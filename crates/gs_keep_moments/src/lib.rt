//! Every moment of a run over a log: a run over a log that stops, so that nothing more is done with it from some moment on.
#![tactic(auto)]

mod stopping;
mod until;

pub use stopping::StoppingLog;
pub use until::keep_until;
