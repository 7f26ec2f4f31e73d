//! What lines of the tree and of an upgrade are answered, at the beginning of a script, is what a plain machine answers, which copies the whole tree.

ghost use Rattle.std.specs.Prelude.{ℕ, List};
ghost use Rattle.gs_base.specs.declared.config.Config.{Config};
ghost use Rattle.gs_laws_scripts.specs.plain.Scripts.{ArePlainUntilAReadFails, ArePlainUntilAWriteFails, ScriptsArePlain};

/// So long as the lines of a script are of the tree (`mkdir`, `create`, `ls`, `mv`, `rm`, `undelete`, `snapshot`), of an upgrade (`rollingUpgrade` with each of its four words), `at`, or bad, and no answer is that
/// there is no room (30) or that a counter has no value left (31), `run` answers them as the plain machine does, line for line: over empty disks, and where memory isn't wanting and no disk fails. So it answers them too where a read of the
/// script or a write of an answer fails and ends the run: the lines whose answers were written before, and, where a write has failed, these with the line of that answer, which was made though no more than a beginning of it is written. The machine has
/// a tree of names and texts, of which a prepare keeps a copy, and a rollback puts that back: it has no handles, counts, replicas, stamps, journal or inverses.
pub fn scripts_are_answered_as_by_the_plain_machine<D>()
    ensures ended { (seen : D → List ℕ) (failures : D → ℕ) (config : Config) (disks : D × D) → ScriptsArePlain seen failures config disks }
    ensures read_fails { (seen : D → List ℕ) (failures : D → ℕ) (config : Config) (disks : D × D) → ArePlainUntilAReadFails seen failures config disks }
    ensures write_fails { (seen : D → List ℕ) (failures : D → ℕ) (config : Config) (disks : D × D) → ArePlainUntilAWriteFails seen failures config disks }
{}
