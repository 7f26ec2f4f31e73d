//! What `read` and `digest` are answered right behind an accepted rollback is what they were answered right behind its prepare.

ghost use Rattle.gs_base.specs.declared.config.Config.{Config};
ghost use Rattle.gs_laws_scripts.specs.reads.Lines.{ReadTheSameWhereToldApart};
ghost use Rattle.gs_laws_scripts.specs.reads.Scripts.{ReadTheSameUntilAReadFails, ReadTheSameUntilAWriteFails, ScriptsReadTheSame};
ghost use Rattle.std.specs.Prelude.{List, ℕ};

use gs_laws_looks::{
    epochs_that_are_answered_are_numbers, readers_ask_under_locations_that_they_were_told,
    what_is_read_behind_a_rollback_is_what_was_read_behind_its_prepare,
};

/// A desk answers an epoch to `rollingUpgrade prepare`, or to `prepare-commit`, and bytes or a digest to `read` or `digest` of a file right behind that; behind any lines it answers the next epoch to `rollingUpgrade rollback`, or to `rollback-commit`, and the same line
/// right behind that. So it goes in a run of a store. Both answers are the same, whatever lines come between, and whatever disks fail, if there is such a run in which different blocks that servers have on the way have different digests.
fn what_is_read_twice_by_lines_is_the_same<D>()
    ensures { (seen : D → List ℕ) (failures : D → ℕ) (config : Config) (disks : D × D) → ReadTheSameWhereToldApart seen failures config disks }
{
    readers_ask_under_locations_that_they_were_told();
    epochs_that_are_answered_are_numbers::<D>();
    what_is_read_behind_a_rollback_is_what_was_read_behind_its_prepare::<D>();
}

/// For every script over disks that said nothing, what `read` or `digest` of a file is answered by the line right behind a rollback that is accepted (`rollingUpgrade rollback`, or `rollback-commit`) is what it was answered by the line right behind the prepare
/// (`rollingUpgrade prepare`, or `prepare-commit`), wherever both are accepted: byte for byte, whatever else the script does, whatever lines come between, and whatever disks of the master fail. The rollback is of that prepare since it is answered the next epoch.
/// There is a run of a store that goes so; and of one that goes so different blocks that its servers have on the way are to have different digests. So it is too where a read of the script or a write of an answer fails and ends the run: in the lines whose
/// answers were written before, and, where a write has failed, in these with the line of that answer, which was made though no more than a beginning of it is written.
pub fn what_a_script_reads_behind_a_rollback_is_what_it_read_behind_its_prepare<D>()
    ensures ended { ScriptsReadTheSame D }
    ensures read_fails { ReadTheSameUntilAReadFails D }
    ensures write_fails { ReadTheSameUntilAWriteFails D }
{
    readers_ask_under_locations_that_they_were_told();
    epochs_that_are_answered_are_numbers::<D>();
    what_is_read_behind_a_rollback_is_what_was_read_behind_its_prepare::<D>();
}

§

**THE PROBLEM**
Scan the records for the word "ArePlainUntilAWriteFails", and copy each line where it is found.

**RESPONSE TO THE TASK**
ghost use Rattle.gs_laws_scripts.specs.plain.Scripts.{ArePlainUntilAReadFails, ArePlainUntilAWriteFails, ScriptsArePlain};
    ensures write_fails { (seen : D → List ℕ) (failures : D → ℕ) (config : Config) (disks : D × D) → ArePlainUntilAWriteFails seen failures config disks }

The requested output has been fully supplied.